陈璟没有和旌忠巷闹翻的时候,他们都不会请陈璟去看病。现在闹成这样,更不会请他了。
陈老太爷生病有了段日子。
“上次见伯祖父,他的面相上看,就有点迟暮之感,左不过这一两年的事了。”陈璟道。
他过年去旌忠巷闹的时候,见过伯祖父。那时候。伯祖父身体就不太好,陈璟也瞧眼里。
人到了一定的年纪,就似绿藤到了深秋。该到了凋零。
生老病死是自然规律,医药也救不了。
“他都那么大年纪,去了也是喜丧。”三叔道。
话虽然如此,三叔语气仍是伤感。
陈璟反而劝慰他。
三叔今天出来。不单单是安慰陈璟。也是来散散心。
两人听了一上午的曲儿,又下了一上午的棋,三叔心情好转,陈璟心情也不错,这才分开,各自去忙碌了。
陈璟回了药铺。
到了下午的时候,婉君阁的人请陈璟。
陈璟就喊了魏上幸,背着药箱去了婉君阁。
他还以为这次仍是惜文生病。
不成想。却是婉娘病倒了。
陈璟跟着龟奴,进了婉娘的卧房。
婉娘的屋子。不似惜文的素净,银红色的幔帐,用金钩挂起。日光从窗棂透进来,映在金钩上,反映着金光,屋子里金碧辉煌。
隐约听到婉娘不时的轻声咳嗽。
屋子里有三个女子,为首的是惜文。
其他两人,陈璟没见过。
她们三人簇拥在婉娘的床前,嘘寒问暖,直到陈璟进来,她们才把位置让给了陈璟。
陈璟叫了声婉姨。
婉娘发热、咳嗽气喘,情况不算特别严重。
“昨日下午的时候,咳嗽了几声,倒也不慎严重。到了夜里忙碌起来,全然忘了这回事。不成想,夜里又咳嗽起来。
睡着了,夜里也不曾发作。只是刚起来,头沉得很,有点发热气喘,这才急忙派人去请你。”婉娘把自己的情况,说给陈璟听。
陈璟点点头,笑着对婉娘道:“您的面色尚好,病情不重。我先给您把脉吧。”
他先说些话来安慰病家。
婉娘很信任陈璟,知道陈璟的医术着实厉害,心里顿时松了一半,微笑颔首。
陈璟坐下,给婉娘诊脉。
婉娘的脉数,体内有热。
再诊断几番,陈璟确定,婉娘这是温病。
在这个年代,温病和风寒的症状类似,所以混为一谈,直到清代才分为两个派系。风寒是染了寒邪,需要用温热的药,把寒邪透出去;而温病是染了温热之邪,需要用寒凉的药,把热邪清泄出去。
两种治疗方法迥异。
婉娘是热邪入里,热积在中焦。
她自己警惕,一生病就请了陈璟,所以病情不重,很容易治疗。若是她请了其他大夫,绝对用风寒的法子治,到时候就危险。

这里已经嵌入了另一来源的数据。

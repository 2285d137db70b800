ghost use Rattle.std.specs.Prelude.{◌≡◌, ◌+◌, ◌*◌, ◌≤◌, length, IfOk};
ghost use Rattle.layout.specs.Bytes.{u16_at, u32_at};
ghost use Rattle.layout.specs.Faults.{first_in, in_turn};
ghost use Rattle.layout.specs.Told.{verdict, placed_verdict};
ghost use Rattle.gsub.specs.Subtables.{subtable_faults};
ghost use Rattle.gsub.specs.Tables.{extended_faults, extension_rest, has_mark_set, in_lookup, lookup_fields, lookup_subtable, moved_type, subtable_faults_at, lookup_faults, lookup_faults_at, header_faults, lookup_list_faults};

use crate::forms::OfType;
use crate::seen::Kind;
use crate::subtable::{Decided, is_known, is_movable};
use crate::walk::{Start, Walk};
use layout::bytes::{Field, Width};
use layout::fault::{Place, PlacedFault, Rule, StructureFault, TableName};
use layout::structure::Structure;

// The type and the offset of an extension, behind its format.
fn extension_offset(moved: u16, extension: Structure<'_>) -> Result<u32, StructureFault>
    requires { extension.start + 2 ≤ length extension.table.now }
    ensures answer { verdict result
        ≡ first_in (extension_rest extension.entry.table.now moved extension.entry.start) }
    ensures offset { IfOk result (λ o. (o ≡ u32_at extension.entry.table.now (extension.entry.start + 4)) × (extension.entry.start + 8 ≤ length extension.entry.table.now)) }
{
    let start = extension.start;
    let lookup_type = extension.field::<u16>(start + 2)?;
    let right = is_movable(lookup_type) && lookup_type == moved;
    extension.require(right, Rule::Unknown, start + 2)?;
    let offset = extension.field::<u32>(start + 4)?;
    extension.require(offset != 0, Rule::Unknown, start + 4)?;
    Ok(offset)
}

fn has_mark_set(lookup: Structure<'_>) -> bool
    ensures { result ≡ has_mark_set lookup.entry.table.now lookup.entry.start }
{
    lookup.u16_in(2) & 0x0010 != 0
}

// The fields of a lookup.
fn check_lookup_fields(lookup: Structure<'_>) -> Result<(), StructureFault>
    ensures { verdict result ≡ first_in (lookup_fields lookup.entry.table.now lookup.entry.start) }
{
    let start = lookup.start;
    let lookup_type = lookup.field::<u16>(start)?;
    lookup.require(is_known(lookup_type), Rule::Unknown, start)?;
    lookup.check_fields(start + 2, Width::Two, 2)?;
    let count = u64::from(lookup.u16_in(4));
    let mark_sets = u64::from(has_mark_set(lookup));
    Ok(lookup.check_fields(start + 6, Width::Two, count + mark_sets)?)
}

// The type that an extension lookup moves.
fn moved_type(lookup: Structure<'_>) -> u16
    ensures { result ≡ moved_type lookup.entry.table.now lookup.entry.start }
{
    let first = usize::from(lookup.u16_in(6));
    lookup.u16_in(first + 2)
}

// A lookup by its number and where it starts.
#[derive(Clone, Copy)]
struct NumberedLookup {
    number: u16,
    start: Start,
}

impl NumberedLookup {
    // The place of a subtable, or of the lookup itself.
    fn place(self, subtable: Option<u16>) -> Place
        ensures { result ≡ in_lookup self.number subtable }
    {
        Place {
            table: TableName::Gsub,
            lookup: Some(self.number),
            subtable,
        }
    }
}

impl Walk<'_> {
    // An extension, behind its format, in a lookup that moves a type.
    fn check_extension(&mut self, moved: u16, start: Start) -> Result<(), StructureFault>
        requires { start.byte + 2 ≤ length self.old.table }
        ensures answer { verdict result
            ≡ first_in (extended_faults self.old.table self.old.lookups moved start.byte) }
        ensures same { self.new ≡ self.old }
    {
        let offset = extension_offset(moved, self.structure(start))?;
        // From 32 bits to `usize` there is no `From`.
        let byte = start.byte + offset as usize;
        self.check_subtable(moved, Start { byte })
    }

    // A subtable of the lookup at `lookup`.
    fn check_lookup_subtable(
        &mut self,
        lookup: Start,
        subtable: Start,
    ) -> Result<(), StructureFault>
        ensures answer { verdict result ≡ first_in (lookup_subtable self.old.table self.old.lookups lookup.byte subtable.byte) }
        ensures same { self.new ≡ self.old }
    {
        let lookup = self.structure(lookup);
        let lookup_type = u16::read(lookup.table, lookup.start);
        match Kind::of_type(lookup_type) {
            Some(kind) => self.check_once(&OfType { lookup_type }, kind, subtable),
            None => self.check_by_format(lookup, subtable),
        }
    }

    // The same of a type whose subtables are not remembered: 7, which moves, or none that there is.
    fn check_by_format(
        &mut self,
        lookup: Structure<'_>,
        subtable: Start,
    ) -> Result<(), StructureFault>
        requires { lookup.table.now ≡ self.old.table }
        ensures answer { verdict result ≡ first_in (lookup_subtable self.old.table self.old.lookups lookup.entry.start subtable.byte) }
        ensures same { self.new ≡ self.old }
    {
        let lookup_type = u16::read(lookup.table, lookup.start);
        let structure = self.structure(subtable);
        let format = structure.field::<u16>(subtable.byte)?;
        match Decided::of(
            lookup_type,
            format,
            false,
            &structure.table[subtable.byte..],
        ) {
            Some(Decided::Own(own)) => self.check_form(own, subtable),
            Some(Decided::Extension) => self.check_extension(moved_type(lookup), subtable),
            None => Err(structure.broken(Rule::Unknown, subtable.byte)),
        }
    }

    // Subtable number j of a lookup.
    fn check_subtable_at(&mut self, lookup: NumberedLookup, j: u16) -> Result<(), PlacedFault>
        ensures answer { placed_verdict result ≡ first_in (subtable_faults_at self.old.table self.old.lookups lookup.number lookup.start.byte j (lookup.start.byte + 6 + 2 * j)) }
        ensures same { self.new ≡ self.old }
    {
        let at = lookup.start.byte + 6 + 2 * usize::from(j);
        let subtable = lookup.place(None).hold(self.follow(lookup.start, at))?;
        let answer = self.check_lookup_subtable(lookup.start, subtable);
        lookup.place(Some(j)).hold(answer)
    }

    // Its subtables, in order.
    fn check_subtables(&mut self, lookup: NumberedLookup, count: u16) -> Result<(), PlacedFault>
        ensures answer { placed_verdict result ≡ first_in (in_turn (subtable_faults_at self.old.table self.old.lookups lookup.number lookup.start.byte) 2 0 (lookup.start.byte + 6) count) }
        ensures same { self.new ≡ self.old }
    {
        for j in 0..count {
            self.check_subtable_at(lookup, j)?;
        }
        Ok(())
    }

    // A lookup, unless it was found without faults before. It is no target of `check_once`, since its faults have places.
    fn check_lookup(&mut self, lookup: NumberedLookup) -> Result<(), PlacedFault>
        ensures answer { placed_verdict result ≡ first_in (lookup_faults self.old.table self.old.lookups lookup.number lookup.start.byte) }
        ensures same { self.new ≡ self.old }
    {
        if self.is_remembered(Kind::Lookup, lookup.start) {
            return Ok(());
        }
        let structure = self.structure(lookup.start);
        lookup.place(None).hold(check_lookup_fields(structure))?;
        self.check_subtables(lookup, structure.u16_in(4))?;
        self.remember(Kind::Lookup, lookup.start);
        Ok(())
    }

    // Lookup number k of the list at `list`.
    fn check_lookup_at(&mut self, k: u16, list: Start) -> Result<(), PlacedFault>
        ensures answer { placed_verdict result ≡ first_in (lookup_faults_at self.old.table self.old.lookups list.byte k (list.byte + 2 + 2 * k)) }
        ensures same { self.new ≡ self.old }
    {
        let at = list.byte + 2 + 2 * usize::from(k);
        let start = Place::of(TableName::Gsub).hold(self.follow(list, at))?;
        self.check_lookup(NumberedLookup { number: k, start })
    }

    // All lookups of the list, in order.
    pub(crate) fn check_lookups(&mut self, list: Start) -> Result<(), PlacedFault>
        ensures { placed_verdict result ≡ first_in (in_turn (lookup_faults_at self.old.table self.old.lookups list.byte) 2 0 (list.byte + 2) self.old.lookups) }
    {
        for k in 0..self.lookups() {
            self.check_lookup_at(k, list)?;
        }
        Ok(())
    }
}

// The header. Answers where the lookup list starts.
pub(crate) fn check_header(table: &[u8]) -> Result<u16, StructureFault>
    ensures answer { verdict result ≡ first_in (header_faults table.now) }
    ensures list { IfOk result (λ s. s ≡ u16_at table.now 8) }
{
    let header = Structure { table, start: 0 };
    let major = header.field::<u16>(0)?;
    header.require(major == 1, Rule::Unknown, 0)?;
    let minor = header.field::<u16>(2)?;
    header.require(minor <= 1, Rule::Unknown, 2)?;
    header.check_fields(4, Width::Two, 3)?;
    let list = header.u16_in(8);
    header.require(list != 0, Rule::Unknown, 8)?;
    Ok(list)
}

// The lookup list's own fields. Answers how many lookups there are.
pub(crate) fn lookup_count(list: Structure<'_>) -> Result<u16, StructureFault>
    ensures answer { verdict result ≡ first_in (lookup_list_faults list.entry.table.now list.entry.start) }
    ensures count { IfOk result (λ n. n ≡ u16_at list.entry.table.now list.entry.start) }
{
    Ok(list.counted(list.start, Width::Two)?)
}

陈璟诊断清楚,笑着对婉娘道:“吃五六天的药,很快就好了。”
婉娘点点头。
陈璟叮嘱她几句,就起身,出来开方子。
他刚刚出来,惜文也跟了出来。
“惜文姑娘。。。。。。”陈璟笑着,和她见礼,然后坐下来开方子。
惜文应了声,站在旁边看。
陈璟写得很快。写好之后,他自己吹了吹墨迹,拿进去给婉娘看。惜文又亦步亦趋,跟着陈璟进了屋子。
婉娘给惜文使眼色,惜文视若不见,婉娘瞪了她一眼。
然后,婉娘低头,看起陈璟开的方子:“生石膏十钱、炙鳖甲三钱、小生地八钱、炒麻仁八钱。。。。。。”
生石膏是很常用的药。
盛夏的时候,婉娘都会买些,用来煮绿豆汤,给姑娘们清暑。
所以,婉娘知道生石膏是寒凉的药物。
“央及,我这不是风寒么?”婉娘问陈璟。
发热、咳嗽、流涕,就是风寒的症状啊。婉娘见多识广。也知道一点基本病。而风寒,陈璟居然用寒凉的药,让婉娘有点吃惊。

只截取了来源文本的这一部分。